George Gessert is a bioart pioneer. He began as a painter in the 1970s and the organic growth of ink spots as they absorb into Japanese papers led him to incorporate other creative forces – like evolution - into his work. From 1985 to the present, his work has focused on the overlap between art and genetics, with a particular interest in plant aesthetics and the ways that human aesthetic preferences affect evolution.
RB: You have combined your fascination with plants and your work as an artist in intricate ways. Tell us about your garden.

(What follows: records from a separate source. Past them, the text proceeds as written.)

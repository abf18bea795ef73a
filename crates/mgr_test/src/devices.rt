//! Devices whose calls are counted, and that fail from some call on.
use rga_exchange::{Counted, Fuse};
use std::alloc::Global;
use std::io;
use std::io::{ErrorKind, Read, Write};

/// A reader that gives one byte in a read, and of which each second call is interrupted.
#[derive(Drop)]
struct Stuttering {
    interrupts: bool,
}

impl Read for Stuttering {
    fn read(&mut self, buf: &mut [u8]) -> io::Result<usize> {
        let interrupts = self.interrupts;
        self.interrupts = !interrupts;
        if interrupts {
            return Err(io::Error::from(ErrorKind::Interrupted));
        }
        let mut byte = b"a".as_slice();
        byte.read(buf)
    }
}

/// Whether a read of two bytes gives this one alone, or fails where none is wanted, and so many
/// calls failed by then.
fn reads(reader: &mut Counted<Stuttering>, byte: Option<u8>, failures: u64) -> bool {
    let mut buf = [0u8; 2];
    let read = match reader.read(&mut buf) {
        Ok(1) => Some(buf[0]),
        Ok(_) => return false,
        Err(_) => None,
    };
    read == byte && reader.failures() == failures
}

#[test]
fn a_reader_that_fails_in_mid_stream(rt: HostRuntime) {
    const ROWS: &[(Option<u8>, u64, &str)] = &[
        (Some(b'a'), 0, "before the failure"),
        (None, 1, "an interrupted call failed"),
        (Some(b'a'), 1, "the device is asked again"),
    ];
    let mut reader = Counted::new(Stuttering { interrupts: false });
    for (byte, failures, call) in ROWS {
        assert!(rt; reads(&mut reader, *byte, *failures), "{call}");
    }
    assert!(rt;
        reader.into_inner().interrupts,
        "no further call was passed on"
    );
}

/// A writer that takes nothing.
#[derive(Drop)]
struct Full;

impl Write for Full {
    fn write(&mut self, _buf: &[u8]) -> io::Result<usize> {
        Ok(0)
    }

    fn flush(&mut self) -> io::Result<()> {
        Ok(())
    }
}

/// Whether a write of these bytes takes none, and so many calls failed by then.
fn takes_nothing(writer: &mut Counted<Full>, bytes: &[u8], failures: u64) -> bool {
    matches!(writer.write(bytes), Ok(0)) && writer.failures() == failures
}

/// Whether a write of all of these bytes fails and a flush does not, and so many calls failed by
/// then.
fn refuses_all(writer: &mut Counted<Full>, bytes: &[u8], failures: u64) -> bool {
    let refused = writer.write_all(bytes).is_err();
    refused && writer.flush().is_ok() && writer.failures() == failures
}

#[test]
fn a_writer_that_takes_nothing(rt: HostRuntime) {
    let mut full = Counted::new(Full);
    assert!(rt;
        takes_nothing(&mut full, b"", 0),
        "there was nothing to take"
    );
    assert!(rt; takes_nothing(&mut full, b"ab", 1), "there were two bytes");
    assert!(rt; refuses_all(&mut full, b"ab", 2), "all or nothing");
}

/// Whether a writer in memory takes all of these bytes, and no call fails.
fn all_are_taken(alloc: Global, bytes: &[u8]) -> bool {
    let mut writer = Counted::new(Vec::new(alloc));
    let written = writer.write_all(bytes).is_ok() && writer.flush().is_ok();
    written && writer.failures() == 0 && writer.into_inner().as_slice() == bytes
}

#[test]
fn a_writer_that_takes_all(rt: HostRuntime) {
    assert!(rt; all_are_taken(rt.alloc(), b"ab"));
}

/// A device that counts the calls that it gets, and answers each of them alike.
#[derive(Drop)]
struct Recording {
    calls: u64,
    fault: Option<ErrorKind>,
}

impl Recording {
    fn answer(&mut self) -> io::Result<()> {
        self.calls = self.calls.saturating_add(1);
        match self.fault {
            Some(kind) => Err(io::Error::from(kind)),
            None => Ok(()),
        }
    }
}

impl Read for Recording {
    fn read(&mut self, _buf: &mut [u8]) -> io::Result<usize> {
        self.answer()?;
        Ok(0)
    }
}

impl Write for Recording {
    fn write(&mut self, buf: &[u8]) -> io::Result<usize> {
        self.answer()?;
        Ok(buf.len())
    }

    fn flush(&mut self) -> io::Result<()> {
        self.answer()
    }
}

/// What is asked of a device.
#[derive(Clone, Copy)]
enum Request {
    Read,
    Write,
    Flush,
}

fn ask<D: Read + Write>(device: &mut D, request: Request) {
    match request {
        Request::Read => drop(device.read(&mut [0u8; 2])),
        Request::Write => drop(device.write(b"ab")),
        Request::Flush => drop(device.flush()),
    }
}

/// How many calls a request makes of a device that answers so.
fn calls_of(request: Request, fault: Option<ErrorKind>) -> u64 {
    let mut device = Counted::new(Recording { calls: 0, fault });
    ask(&mut device, request);
    device.into_inner().calls
}

/// How many calls come through a fuse for so many, if one of each kind is made.
fn calls_through(calls: u64) -> u64 {
    let mut device = Fuse::new(
        Recording {
            calls: 0,
            fault: None,
        },
        calls,
    );
    for request in [Request::Flush, Request::Read, Request::Write] {
        ask(&mut device, request);
    }
    device.into_inner().calls
}

#[test]
fn a_call_is_one_call_of_the_device(rt: HostRuntime) {
    const FAULTS: &[Option<ErrorKind>] = &[
        None,
        Some(ErrorKind::Interrupted),
        Some(ErrorKind::Other),
    ];
    for fault in FAULTS {
        assert!(rt; calls_of(Request::Read, *fault) == 1, "a read, {fault:?}");
        assert!(rt; calls_of(Request::Write, *fault) == 1, "a write, {fault:?}");
        assert!(rt; calls_of(Request::Flush, *fault) == 1, "a flush, {fault:?}");
    }
}

#[test]
fn a_fuse_passes_on_its_calls_and_no_more(rt: HostRuntime) {
    const ROWS: &[(u64, u64, &str)] = &[
        (0, 0, "nothing"),
        (1, 2, "a flush, and a read"),
        (2, 3, "a flush, a read and a write"),
    ];
    for (calls, passed, what) in ROWS {
        assert!(rt; calls_through(*calls) == *passed, "{what}");
    }
}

GG: My garden, which is actually at least as much my wife’s as mine, is in the Oregon countryside on a ridge top with forest on two sides, meadow and oaks on the others. We grow food plants and ornamentals mixed together. The only dedicated areas are for plant breeding - irises mostly. The garden is home to lots of birds and animals. This Christmas our present to one another was a wildlife camera, which we set up on our compost heap. Something was visiting but we didn’t know what. The very first night we got good pictures of two foxes sorting through the kitchen scraps.
RB: In Paradise Now, you shared that“ Plants, like ink spots, generate themselves. My job is to facilitate.” How does the process of facilitating – as opposed to a more active process of development or engineering – affect the way you view the new plants?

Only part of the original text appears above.